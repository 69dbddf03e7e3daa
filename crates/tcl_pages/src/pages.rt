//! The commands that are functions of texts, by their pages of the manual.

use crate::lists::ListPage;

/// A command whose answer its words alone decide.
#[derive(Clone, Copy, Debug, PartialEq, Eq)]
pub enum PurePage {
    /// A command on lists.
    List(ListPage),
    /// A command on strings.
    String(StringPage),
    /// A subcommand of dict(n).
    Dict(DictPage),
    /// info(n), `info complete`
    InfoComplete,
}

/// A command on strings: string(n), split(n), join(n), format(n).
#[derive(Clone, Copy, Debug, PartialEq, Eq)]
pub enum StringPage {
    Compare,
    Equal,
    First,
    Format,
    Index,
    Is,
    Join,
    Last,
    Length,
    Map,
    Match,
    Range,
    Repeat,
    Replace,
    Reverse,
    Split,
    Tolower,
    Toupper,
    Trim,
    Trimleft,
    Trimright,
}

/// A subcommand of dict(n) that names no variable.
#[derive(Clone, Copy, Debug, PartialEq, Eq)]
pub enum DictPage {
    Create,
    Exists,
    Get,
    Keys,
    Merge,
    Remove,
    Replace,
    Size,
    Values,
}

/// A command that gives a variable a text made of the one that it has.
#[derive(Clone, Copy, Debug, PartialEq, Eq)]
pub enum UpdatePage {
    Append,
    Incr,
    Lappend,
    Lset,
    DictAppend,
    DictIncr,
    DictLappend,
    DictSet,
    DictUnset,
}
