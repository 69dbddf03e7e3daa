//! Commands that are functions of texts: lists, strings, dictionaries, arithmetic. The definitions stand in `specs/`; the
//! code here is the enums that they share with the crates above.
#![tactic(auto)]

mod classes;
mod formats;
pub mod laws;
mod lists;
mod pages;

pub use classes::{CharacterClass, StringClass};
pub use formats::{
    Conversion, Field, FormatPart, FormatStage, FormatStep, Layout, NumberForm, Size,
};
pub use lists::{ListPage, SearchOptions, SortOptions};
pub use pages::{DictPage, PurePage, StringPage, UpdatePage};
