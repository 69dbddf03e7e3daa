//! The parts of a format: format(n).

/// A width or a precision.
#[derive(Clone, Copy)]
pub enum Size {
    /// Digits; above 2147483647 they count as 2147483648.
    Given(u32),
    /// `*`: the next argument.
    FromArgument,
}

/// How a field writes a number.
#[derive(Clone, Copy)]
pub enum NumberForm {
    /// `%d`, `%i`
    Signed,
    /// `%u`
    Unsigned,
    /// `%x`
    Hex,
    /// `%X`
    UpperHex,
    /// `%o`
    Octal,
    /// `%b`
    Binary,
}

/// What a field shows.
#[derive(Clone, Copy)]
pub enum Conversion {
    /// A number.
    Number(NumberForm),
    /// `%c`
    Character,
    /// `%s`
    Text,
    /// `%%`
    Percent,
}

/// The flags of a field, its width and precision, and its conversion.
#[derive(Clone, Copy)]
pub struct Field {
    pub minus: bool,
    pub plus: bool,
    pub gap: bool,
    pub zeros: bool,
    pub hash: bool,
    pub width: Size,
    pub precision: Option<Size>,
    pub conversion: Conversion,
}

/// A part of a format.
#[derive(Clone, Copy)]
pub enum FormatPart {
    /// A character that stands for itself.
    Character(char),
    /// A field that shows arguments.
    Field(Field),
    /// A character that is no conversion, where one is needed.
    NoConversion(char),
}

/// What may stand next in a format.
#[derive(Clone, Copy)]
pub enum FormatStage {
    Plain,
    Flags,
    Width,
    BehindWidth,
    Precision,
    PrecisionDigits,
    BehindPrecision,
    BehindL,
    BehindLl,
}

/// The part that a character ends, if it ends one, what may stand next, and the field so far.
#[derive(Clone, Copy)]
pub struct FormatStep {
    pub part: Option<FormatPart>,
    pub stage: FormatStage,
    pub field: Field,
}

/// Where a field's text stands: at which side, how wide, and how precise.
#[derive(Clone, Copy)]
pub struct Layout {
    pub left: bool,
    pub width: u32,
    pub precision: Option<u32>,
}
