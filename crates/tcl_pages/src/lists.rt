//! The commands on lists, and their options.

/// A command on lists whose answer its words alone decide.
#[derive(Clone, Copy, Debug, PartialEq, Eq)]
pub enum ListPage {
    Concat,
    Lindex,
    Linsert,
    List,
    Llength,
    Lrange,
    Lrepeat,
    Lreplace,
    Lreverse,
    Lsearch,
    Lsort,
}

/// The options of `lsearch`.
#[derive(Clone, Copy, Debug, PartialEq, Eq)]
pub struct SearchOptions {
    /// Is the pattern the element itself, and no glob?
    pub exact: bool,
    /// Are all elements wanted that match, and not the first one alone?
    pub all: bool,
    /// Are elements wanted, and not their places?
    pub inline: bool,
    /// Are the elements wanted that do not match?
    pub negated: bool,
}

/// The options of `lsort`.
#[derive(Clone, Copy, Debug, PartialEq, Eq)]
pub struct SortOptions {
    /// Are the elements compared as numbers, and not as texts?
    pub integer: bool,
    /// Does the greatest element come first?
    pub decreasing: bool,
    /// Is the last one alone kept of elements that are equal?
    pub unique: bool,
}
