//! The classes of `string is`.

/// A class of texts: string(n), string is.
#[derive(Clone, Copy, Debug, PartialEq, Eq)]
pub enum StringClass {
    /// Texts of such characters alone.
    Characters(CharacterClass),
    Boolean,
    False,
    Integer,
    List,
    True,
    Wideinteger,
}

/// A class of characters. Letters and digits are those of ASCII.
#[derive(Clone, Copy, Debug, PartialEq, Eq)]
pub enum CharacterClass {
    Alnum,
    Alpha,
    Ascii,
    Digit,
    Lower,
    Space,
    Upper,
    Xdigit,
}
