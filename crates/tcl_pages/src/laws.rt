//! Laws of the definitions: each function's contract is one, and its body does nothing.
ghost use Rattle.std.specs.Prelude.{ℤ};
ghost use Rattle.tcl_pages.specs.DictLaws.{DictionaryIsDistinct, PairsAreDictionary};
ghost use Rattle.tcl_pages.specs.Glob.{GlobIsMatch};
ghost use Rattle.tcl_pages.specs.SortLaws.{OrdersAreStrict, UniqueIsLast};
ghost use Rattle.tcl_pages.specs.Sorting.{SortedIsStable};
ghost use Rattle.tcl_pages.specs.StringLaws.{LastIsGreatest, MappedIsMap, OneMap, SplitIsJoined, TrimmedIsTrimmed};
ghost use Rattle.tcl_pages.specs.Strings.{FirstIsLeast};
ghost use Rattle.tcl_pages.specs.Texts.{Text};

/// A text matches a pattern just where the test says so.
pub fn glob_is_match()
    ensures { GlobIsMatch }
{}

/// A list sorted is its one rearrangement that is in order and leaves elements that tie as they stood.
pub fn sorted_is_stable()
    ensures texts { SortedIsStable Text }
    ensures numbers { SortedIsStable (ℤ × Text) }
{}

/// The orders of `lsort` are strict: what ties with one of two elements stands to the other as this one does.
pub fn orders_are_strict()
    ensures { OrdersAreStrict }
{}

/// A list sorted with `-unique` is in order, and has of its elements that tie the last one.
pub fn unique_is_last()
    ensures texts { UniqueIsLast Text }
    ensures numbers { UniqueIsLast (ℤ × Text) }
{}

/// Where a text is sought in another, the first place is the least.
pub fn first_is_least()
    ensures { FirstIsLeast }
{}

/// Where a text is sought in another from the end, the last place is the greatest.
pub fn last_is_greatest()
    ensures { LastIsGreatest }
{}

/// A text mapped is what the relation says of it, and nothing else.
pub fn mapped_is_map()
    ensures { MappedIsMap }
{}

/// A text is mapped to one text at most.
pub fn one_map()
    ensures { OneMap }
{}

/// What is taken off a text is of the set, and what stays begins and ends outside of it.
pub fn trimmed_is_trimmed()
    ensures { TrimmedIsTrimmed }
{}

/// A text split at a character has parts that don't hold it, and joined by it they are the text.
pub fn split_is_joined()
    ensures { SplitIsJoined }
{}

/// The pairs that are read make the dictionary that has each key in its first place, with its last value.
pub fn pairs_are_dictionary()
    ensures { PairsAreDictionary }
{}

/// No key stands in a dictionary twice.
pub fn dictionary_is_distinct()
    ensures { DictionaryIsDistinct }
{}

■ **Required action**: From the records above, copy every line that holds the word "functions".

■ **Result of the exercise**:
//! The commands that are functions of texts, by their pages of the manual.
//! Commands that are functions of texts: lists, strings, dictionaries, arithmetic. The definitions stand in `specs/`; the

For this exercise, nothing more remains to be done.